| WORK REQUEST |
Please repeat each line of the data exactly, with nothing left out.

| Collected data entries |

______________________________

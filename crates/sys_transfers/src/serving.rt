ghost use Rattle.std.specs.Prelude.{◌≡◌, ◌+◌, ◌*◌, ◌%◌, ◌≤◌, [], ◌∷◌, None, slice_index_or};
ghost use Rattle.sys_state.specs.Guests.{answered};
ghost use Rattle.sys_transfers.specs.Serves.{CarriesAll, MountsNameVolumes, ServesOne, guest_scene, packet_of};
ghost use Rattle.vm_guest.specs.Kept.{Becomes, IsShadowedIn, guest_in};
ghost use Rattle.vm_simulation_laws.specs.Moves.{Drops};
ghost use Rattle.vm_state.specs.Packets.{status_place};
ghost use Rattle.vm_state.specs.Translation.{frame_at};

use crate::moves::{print, read, write};
use crate::packets::{Request, request_at};
use sys_objects::{GuestRow, Mount};
use sys_store::Volumes;
use vax_hw::Hardware;
use vm_guest::Guest;
use vv_base::{Text, put_u32};

/// The status of a packet whose function doesn't exist.
const NO_FUNCTION: u32 = 7;

/// Where a packet's status is, in bytes from its beginning.
const STATUS: u32 = 20;

/// What is at a unit.
fn mount_at(mounts: &[Option<Mount>; 4], unit: u32) -> Option<Mount>
    ensures { result ≡ slice_index_or mounts.now unit None }
{
    mounts.get(unit as usize).copied().flatten()
}

/// A packet is answered: its status is stored, and the interrupt of transfers is requested.
fn answer<H: Hardware>(machine: &mut H, guest: &mut Guest, at: u32, status: u32)
    requires stands { IsShadowedIn (H.machine machine.old).memory guest.old }
    requires inside { at + 24 ≤ 512 * guest.old.state.pages }
    ensures becomes { Becomes (answered at status (guest_in (H.machine machine.old).memory guest.old))
        (H.machine machine.old) guest.old (H.machine machine.new) guest.new }
    ensures drops { at % 4 ≡ 0 → Drops (frame_at (status_place at) ∷ []) guest.old.shadow guest.new.shadow }
{
    let mut bytes = [0; 4];
    put_u32(&mut bytes, 0, status);
    guest.store(machine, at + STATUS, &bytes);
    guest.post_kcall();
}

/// Makes the move that a packet asks for; answers the status, and the job that the guest's printer gets.
fn carry<H: Hardware>(
    machine: &mut H,
    guest: &mut Guest,
    row: &GuestRow,
    mounts: &[Option<Mount>; 4],
    volumes: &mut Volumes,
    p: &Request,
) -> (u32, Option<Text<640>>)
    requires stands { IsShadowedIn (H.machine machine.old).memory guest.old }
    requires mounted { MountsNameVolumes mounts.now volumes.old }
    ensures { CarriesAll row.now mounts.now (packet_of p.now)
        (guest_scene volumes.old (H.machine machine.old) guest.old) result
        (guest_scene volumes.new (H.machine machine.new) guest.new) }
{
    let mount = mount_at(mounts, p.unit);
    match p.function {
        1 => (read(machine, guest, volumes, mount, p), None),
        2 => (write(machine, guest, volumes, mount, p), None),
        3 => print(machine, guest, row, p),
        _ => (NO_FUNCTION, None),
    }
}

/// Serves the packet at a physical address of a guest, which is a multiple of 4 with its 24 bytes in memory: makes the move that
/// it asks for, stores its status and requests the interrupt. Answers the job that the guest's printer gets, if one is printed.
pub fn serve<H: Hardware>(
    machine: &mut H,
    guest: &mut Guest,
    row: &GuestRow,
    mounts: &[Option<Mount>; 4],
    volumes: &mut Volumes,
    at: u32,
) -> Option<Text<640>>
    requires stands { IsShadowedIn (H.machine machine.old).memory guest.old }
    requires inside { at + 24 ≤ 512 * guest.old.state.pages }
    requires mounted { MountsNameVolumes mounts.now volumes.old }
    ensures { ServesOne row.now mounts.now at (guest_scene volumes.old (H.machine machine.old) guest.old) result
        (guest_scene volumes.new (H.machine machine.new) guest.new) }
{
    let p = request_at(machine, guest, at);
    let (status, job) = carry(machine, guest, row, mounts, volumes, &p);
    answer(machine, guest, at, status);
    job
}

______________________________

| EXERCISE ANSWER |
filename crates/sys_transfers/src/serving.rt
ghost use Rattle.std.specs.Prelude.{◌≡◌, ◌+◌, ◌*◌, ◌%◌, ◌≤◌, [], ◌∷◌, None, slice_index_or};
ghost use Rattle.sys_state.specs.Guests.{answered};
ghost use Rattle.sys_transfers.specs.Serves.{CarriesAll, MountsNameVolumes, ServesOne, guest_scene, packet_of};
ghost use Rattle.vm_guest.specs.Kept.{Becomes, IsShadowedIn, guest_in};
ghost use Rattle.vm_simulation_laws.specs.Moves.{Drops};
ghost use Rattle.vm_state.specs.Packets.{status_place};
ghost use Rattle.vm_state.specs.Translation.{frame_at};

use crate::moves::{print, read, write};
use crate::packets::{Request, request_at};
use sys_objects::{GuestRow, Mount};
use sys_store::Volumes;
use vax_hw::Hardware;
use vm_guest::Guest;
use vv_base::{Text, put_u32};

/// The status of a packet whose function doesn't exist.
const NO_FUNCTION: u32 = 7;

/// Where a packet's status is, in bytes from its beginning.
const STATUS: u32 = 20;

/// What is at a unit.
fn mount_at(mounts: &[Option<Mount>; 4], unit: u32) -> Option<Mount>
    ensures { result ≡ slice_index_or mounts.now unit None }
{
    mounts.get(unit as usize).copied().flatten()
}

/// A packet is answered: its status is stored, and the interrupt of transfers is requested.
fn answer<H: Hardware>(machine: &mut H, guest: &mut Guest, at: u32, status: u32)
    requires stands { IsShadowedIn (H.machine machine.old).memory guest.old }
    requires inside { at + 24 ≤ 512 * guest.old.state.pages }
    ensures becomes { Becomes (answered at status (guest_in (H.machine machine.old).memory guest.old))
        (H.machine machine.old) guest.old (H.machine machine.new) guest.new }
    ensures drops { at % 4 ≡ 0 → Drops (frame_at (status_place at) ∷ []) guest.old.shadow guest.new.shadow }
{
    let mut bytes = [0; 4];
    put_u32(&mut bytes, 0, status);
    guest.store(machine, at + STATUS, &bytes);
    guest.post_kcall();
}

/// Makes the move that a packet asks for; answers the status, and the job that the guest's printer gets.
fn carry<H: Hardware>(
    machine: &mut H,
    guest: &mut Guest,
    row: &GuestRow,
    mounts: &[Option<Mount>; 4],
    volumes: &mut Volumes,
    p: &Request,
) -> (u32, Option<Text<640>>)
    requires stands { IsShadowedIn (H.machine machine.old).memory guest.old }
    requires mounted { MountsNameVolumes mounts.now volumes.old }
    ensures { CarriesAll row.now mounts.now (packet_of p.now)
        (guest_scene volumes.old (H.machine machine.old) guest.old) result
        (guest_scene volumes.new (H.machine machine.new) guest.new) }
{
    let mount = mount_at(mounts, p.unit);
    match p.function {
        1 => (read(machine, guest, volumes, mount, p), None),
        2 => (write(machine, guest, volumes, mount, p), None),
        3 => print(machine, guest, row, p),
        _ => (NO_FUNCTION, None),
    }
}

/// Serves the packet at a physical address of a guest, which is a multiple of 4 with its 24 bytes in memory: makes the move that
/// it asks for, stores its status and requests the interrupt. Answers the job that the guest's printer gets, if one is printed.
pub fn serve<H: Hardware>(
    machine: &mut H,
    guest: &mut Guest,
    row: &GuestRow,
    mounts: &[Option<Mount>; 4],
    volumes: &mut Volumes,
    at: u32,
) -> Option<Text<640>>
    requires stands { IsShadowedIn (H.machine machine.old).memory guest.old }
    requires inside { at + 24 ≤ 512 * guest.old.state.pages }
    requires mounted { MountsNameVolumes mounts.now volumes.old }
    ensures { ServesOne row.now mounts.now at (guest_scene volumes.old (H.machine machine.old) guest.old) result
        (guest_scene volumes.new (H.machine machine.new) guest.new) }
{
    let p = request_at(machine, guest, at);
    let (status, job) = carry(machine, guest, row, mounts, volumes, &p);
    answer(machine, guest, at, status);
    job
}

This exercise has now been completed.